### Problem to solve
From the material below, copy each line that holds the word "constants".

### Data in this exercise
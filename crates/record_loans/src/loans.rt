//! Records are lent: what they lie in is taken for the time of a step, and each becomes a slice of it.
ghost use Rattle.std.specs.Prelude.{◌≤◌, length, None};
ghost use Rattle.record_loans.specs.Blocks.{IsSameBlock};
ghost use Rattle.record_loans.specs.Pieces.{piece_words, IsSamePiece, SamePieces};
ghost use Rattle.record_loans.specs.Loans.{lent_from, LentFits, filter_words_in, reader_words_in, sharing_words_in, FilterFits, ReaderFits, SharingFits};
ghost use Rattle.record_loans.specs.Taken.{HasRecord, words_taken, first_words, second_words, third_words};
ghost use Rattle.record_loans.specs.Performed.{Performed, PerformedBy};

use crate::block::ScratchBlock;
use crate::pieces::Pieces;
use crate::plan::{FilterSizes, Plan, ReaderSizes, SharingSizes};
use ialg::{Lending, Step, lend};
use space_raw::{Piece, end_none};

/// A step that is to be performed with the records of a table, and the plan by which they are cut.
#[derive(Drop)]
pub struct PlannedLoan<'a, S> {
    pub lending: &'a Lending<'a, S>,
    pub plan: &'a Plan,
}

/// Performs the step with the records that the plan cuts out of an instance's own pieces and those that are lent to it. A record
/// that lies in a block isn't among them.
pub fn lend_without_blocks<O, S: Step<O>>(
    loan: &PlannedLoan<'_, S>,
    own: &mut Pieces,
    shared: &mut Pieces,
    out: &mut O,
)
    requires can { S.can loan.now.lending.now.step.now out.old }
    requires fit { LentFits loan.now.plan.now own.old shared.old None None None }
    ensures done { PerformedBy S.done loan.now (lent_from own.old shared.old None None None) (lent_from own.new shared.new None None None) out.old out.new }
    ensures own { SamePieces own.old own.new }
    ensures shared { SamePieces shared.old shared.new }
{
    let mut daram = None;
    let mut saram = None;
    let mut external = None;
    lend_with_blocks(
        loan,
        own,
        shared,
        &mut daram,
        &mut saram,
        &mut external,
        out,
    );
    end_none(daram);
    end_none(saram);
    end_none(external);
}

/// Performs the step with the records that the plan cuts out of an instance's own pieces, those that are lent to it, and the
/// blocks of its group.
pub fn lend_with_blocks<O, S: Step<O>>(
    loan: &PlannedLoan<'_, S>,
    own: &mut Pieces,
    shared: &mut Pieces,
    daram: &mut Option<ScratchBlock>,
    saram: &mut Option<ScratchBlock>,
    external: &mut Option<ScratchBlock>,
    out: &mut O,
)
    requires can { S.can loan.now.lending.now.step.now out.old }
    requires fit { LentFits loan.now.plan.now own.old shared.old daram.old saram.old external.old }
    ensures done { PerformedBy S.done loan.now
        (lent_from own.old shared.old daram.old saram.old external.old)
        (lent_from own.new shared.new daram.new saram.new external.new) out.old out.new }
    ensures own { SamePieces own.old own.new }
    ensures shared { SamePieces shared.old shared.new }
    ensures daram { IsSameBlock daram.old daram.new }
    ensures saram { IsSameBlock saram.old saram.new }
    ensures external { IsSameBlock external.old external.new }
{
    let plan = loan.plan;
    let mut first = plan
        .first
        .take(&mut own.p1, &mut shared.p1, daram, saram, external);
    let mut second = plan
        .second
        .take(&mut own.p2, &mut shared.p2, daram, saram, external);
    let mut third = plan
        .third
        .take(&mut own.p3, &mut shared.p3, daram, saram, external);
    lend_object(loan, &mut own.p0, &mut first, &mut second, &mut third, out);
    plan.third
        .put_back(third, &mut own.p3, &mut shared.p3, daram, saram, external);
    plan.second.put_back(second, &mut own.p2, &mut shared.p2, daram, saram, external);
    plan.first
        .put_back(first, &mut own.p1, &mut shared.p1, daram, saram, external);
}

/// Performs the step with the records of a filter, out of its own pieces and the block in `daram`. Most instances are filters, and theirs
/// are the shortest steps: so their loans are three, and no other piece or block is looked at.
#[inline(always)]
#[tactic(auto, using(crate::proofs::Parts::front_read))]
pub fn lend_filter<O, S: Step<O>>(
    loan: &Lending<'_, S>,
    sizes: FilterSizes,
    own: &mut Pieces,
    daram: &mut Option<ScratchBlock>,
    out: &mut O,
)
    requires can { S.can loan.now.step.now out.old }
    requires some { 1 ≤ sizes.object × 1 ≤ sizes.kept × 1 ≤ sizes.running }
    requires fit { FilterFits sizes own.old daram.old }
    ensures done { Performed S.done loan.now
        (filter_words_in sizes own.old daram.old)
        (filter_words_in sizes own.new daram.new) out.old out.new }
    ensures own { SamePieces own.old own.new }
    ensures daram { IsSameBlock daram.old daram.new }
{
    match &mut own.p0 {
        Some(object) => match &mut own.p1 {
            Some(kept) => match daram {
                Some(block) => {
                    let (object, _rest) = object.words_mut().split_at_mut(sizes.object);
                    let (kept, _rest) = kept.words_mut().split_at_mut(sizes.kept);
                    let scratch = block.piece.words_mut();
                    let (running, _rest) = scratch.split_at_mut(sizes.running);
                    lend(loan, object, kept, running, &mut [], out);
                }
                None => unreachable!(),
            },
            None => unreachable!(),
        },
        None => unreachable!(),
    }
}

/// Performs the step with the records of a filter that shares its constants, out of its own first two pieces, the third one that is lent to
/// it and the block in `daram`: no other piece or block is looked at. The piece that is lent stays where it stands.
#[inline(always)]
#[tactic(auto, using(crate::proofs::Parts::front_read))]
pub fn lend_sharing_filter<O, S: Step<O>>(
    loan: &Lending<'_, S>,
    sizes: SharingSizes,
    own: &mut Pieces,
    once: &mut Option<Piece>,
    daram: &mut Option<ScratchBlock>,
    out: &mut O,
)
    requires can { S.can loan.now.step.now out.old }
    requires some { 1 ≤ sizes.object × 1 ≤ sizes.kept × 1 ≤ sizes.constants × 1 ≤ sizes.running }
    requires fit { SharingFits sizes own.old once.old daram.old }
    ensures done { Performed S.done loan.now
        (sharing_words_in sizes own.old once.old daram.old)
        (sharing_words_in sizes own.new once.new daram.new) out.old out.new }
    ensures own { SamePieces own.old own.new }
    ensures once { IsSamePiece once.old once.new }
    ensures daram { IsSameBlock daram.old daram.new }
{
    match &mut own.p0 {
        Some(object) => match &mut own.p1 {
            Some(kept) => match once {
                Some(once) => match daram {
                    Some(block) => {
                        let (object, _end) = object.words_mut().split_at_mut(sizes.object);
                        let (kept, _end) = kept.words_mut().split_at_mut(sizes.kept);
                        let shared = once.words_mut();
                        let (constants, _end) = shared.split_at_mut(sizes.constants);
                        let scratch = block.piece.words_mut();
                        let (running, _end) = scratch.split_at_mut(sizes.running);
                        lend(loan, object, kept, constants, running, out);
                    }
                    None => unreachable!(),
                },
                None => unreachable!(),
            },
            None => unreachable!(),
        },
        None => unreachable!(),
    }
}

/// Performs the step with the records of a reader, out of its own piece and the second one that is lent to it, if one is: their loans are
/// two, and no other piece and no block is looked at. The piece that is lent stays where it stands.
#[inline(always)]
#[tactic(auto, using(crate::proofs::Parts::front_read))]
pub fn lend_reader<O, S: Step<O>>(
    loan: &Lending<'_, S>,
    sizes: ReaderSizes,
    own: &mut Pieces,
    once: &mut Option<Piece>,
    out: &mut O,
)
    requires can { S.can loan.now.step.now out.old }
    requires some { 1 ≤ sizes.object }
    requires fit { ReaderFits sizes own.old once.old }
    ensures done { Performed S.done loan.now
        (reader_words_in sizes own.old once.old)
        (reader_words_in sizes own.new once.new) out.old out.new }
    ensures own { SamePieces own.old own.new }
    ensures once { IsSamePiece once.old once.new }
{
    match &mut own.p0 {
        Some(object) => match once {
            Some(once) => {
                let (object, _rest) = object.words_mut().split_at_mut(sizes.object);
                let (once, _rest) = once.words_mut().split_at_mut(sizes.once);
                lend(loan, object, once, &mut [], &mut [], out);
            }
            None => {
                let (object, _rest) = object.words_mut().split_at_mut(sizes.object);
                lend(loan, object, &mut [], &mut [], &mut [], out);
            }
        },
        None => unreachable!(),
    }
}

/// Lends record 0 out of its piece, and those behind it.
#[tactic(auto, using(crate::proofs::Parts::front_read))]
fn lend_object<O, S: Step<O>>(
    loan: &PlannedLoan<'_, S>,
    object: &mut Option<Piece>,
    first: &mut Option<Piece>,
    second: &mut Option<Piece>,
    third: &mut Option<Piece>,
    out: &mut O,
)
    requires can { S.can loan.now.lending.now.step.now out.old }
    requires object { loan.now.plan.now.object ≤ length (piece_words object.old) }
    requires first { HasRecord loan.now.plan.now.first first.old }
    requires second { HasRecord loan.now.plan.now.second second.old }
    requires third { HasRecord loan.now.plan.now.third third.old }
    ensures done { PerformedBy S.done loan.now
        (words_taken object.old first.old second.old third.old)
        (words_taken object.new first.new second.new third.new) out.old out.new }
    ensures object { IsSamePiece object.old object.new }
    ensures first { IsSamePiece first.old first.new }
    ensures second { IsSamePiece second.old second.new }
    ensures third { IsSamePiece third.old third.new }
{
    match object {
        Some(piece) => {
            let (object, _rest) = piece.words_mut().split_at_mut(loan.plan.object);
            lend_first(loan, object, first, second, third, out);
        }
        None => lend_first(loan, &mut [], first, second, third, out),
    }
}

/// Lends record 1 out of what was taken for it, and those behind it.
#[tactic(auto, using(crate::proofs::Parts::part_read))]
fn lend_first<O, S: Step<O>>(
    loan: &PlannedLoan<'_, S>,
    r0: &mut [i16],
    first: &mut Option<Piece>,
    second: &mut Option<Piece>,
    third: &mut Option<Piece>,
    out: &mut O,
)
    requires can { S.can loan.now.lending.now.step.now out.old }
    requires first { HasRecord loan.now.plan.now.first first.old }
    requires second { HasRecord loan.now.plan.now.second second.old }
    requires third { HasRecord loan.now.plan.now.third third.old }
    ensures done { PerformedBy S.done loan.now
        (first_words r0.old first.old second.old third.old)
        (first_words r0.new first.new second.new third.new) out.old out.new }
    ensures first { IsSamePiece first.old first.new }
    ensures second { IsSamePiece second.old second.new }
    ensures third { IsSamePiece third.old third.new }
{
    match first {
        Some(piece) => {
            let (_gap, rest) = piece.words_mut().split_at_mut(loan.plan.first.start());
            let (r1, _rest) = rest.split_at_mut(loan.plan.first.size);
            lend_second(loan, r0, r1, second, third, out);
        }
        None => lend_second(loan, r0, &mut [], second, third, out),
    }
}

/// Lends record 2 out of what was taken for it, and the last one.
#[tactic(auto, using(crate::proofs::Parts::part_read))]
fn lend_second<O, S: Step<O>>(
    loan: &PlannedLoan<'_, S>,
    r0: &mut [i16],
    r1: &mut [i16],
    second: &mut Option<Piece>,
    third: &mut Option<Piece>,
    out: &mut O,
)
    requires can { S.can loan.now.lending.now.step.now out.old }
    requires second { HasRecord loan.now.plan.now.second second.old }
    requires third { HasRecord loan.now.plan.now.third third.old }
    ensures done { PerformedBy S.done loan.now
        (second_words r0.old r1.old second.old third.old)
        (second_words r0.new r1.new second.new third.new) out.old out.new }
    ensures second { IsSamePiece second.old second.new }
    ensures third { IsSamePiece third.old third.new }
{
    match second {
        Some(piece) => {
            let (_gap, rest) = piece.words_mut().split_at_mut(loan.plan.second.start());
            let (r2, _rest) = rest.split_at_mut(loan.plan.second.size);
            lend_third(loan, r0, r1, r2, third, out);
        }
        None => lend_third(loan, r0, r1, &mut [], third, out),
    }
}

/// Lends record 3 out of what was taken for it, and performs the step.
#[tactic(auto, using(crate::proofs::Parts::part_read))]
fn lend_third<O, S: Step<O>>(
    loan: &PlannedLoan<'_, S>,
    r0: &mut [i16],
    r1: &mut [i16],
    r2: &mut [i16],
    third: &mut Option<Piece>,
    out: &mut O,
)
    requires can { S.can loan.now.lending.now.step.now out.old }
    requires third { HasRecord loan.now.plan.now.third third.old }
    ensures done { PerformedBy S.done loan.now
        (third_words r0.old r1.old r2.old third.old)
        (third_words r0.new r1.new r2.new third.new) out.old out.new }
    ensures third { IsSamePiece third.old third.new }
{
    match third {
        Some(piece) => {
            let (_gap, rest) = piece.words_mut().split_at_mut(loan.plan.third.start());
            let (r3, _rest) = rest.split_at_mut(loan.plan.third.size);
            lend(loan.lending, r0, r1, r2, r3, out);
        }
        None => lend(loan.lending, r0, r1, r2, &mut [], out),
    }
}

### Expected answer
/// Performs the step with the records of a filter that shares its constants, out of its own first two pieces, the third one that is lent to
    requires some { 1 ≤ sizes.object × 1 ≤ sizes.kept × 1 ≤ sizes.constants × 1 ≤ sizes.running }
                        let (constants, _end) = shared.split_at_mut(sizes.constants);
                        lend(loan, object, kept, constants, running, out);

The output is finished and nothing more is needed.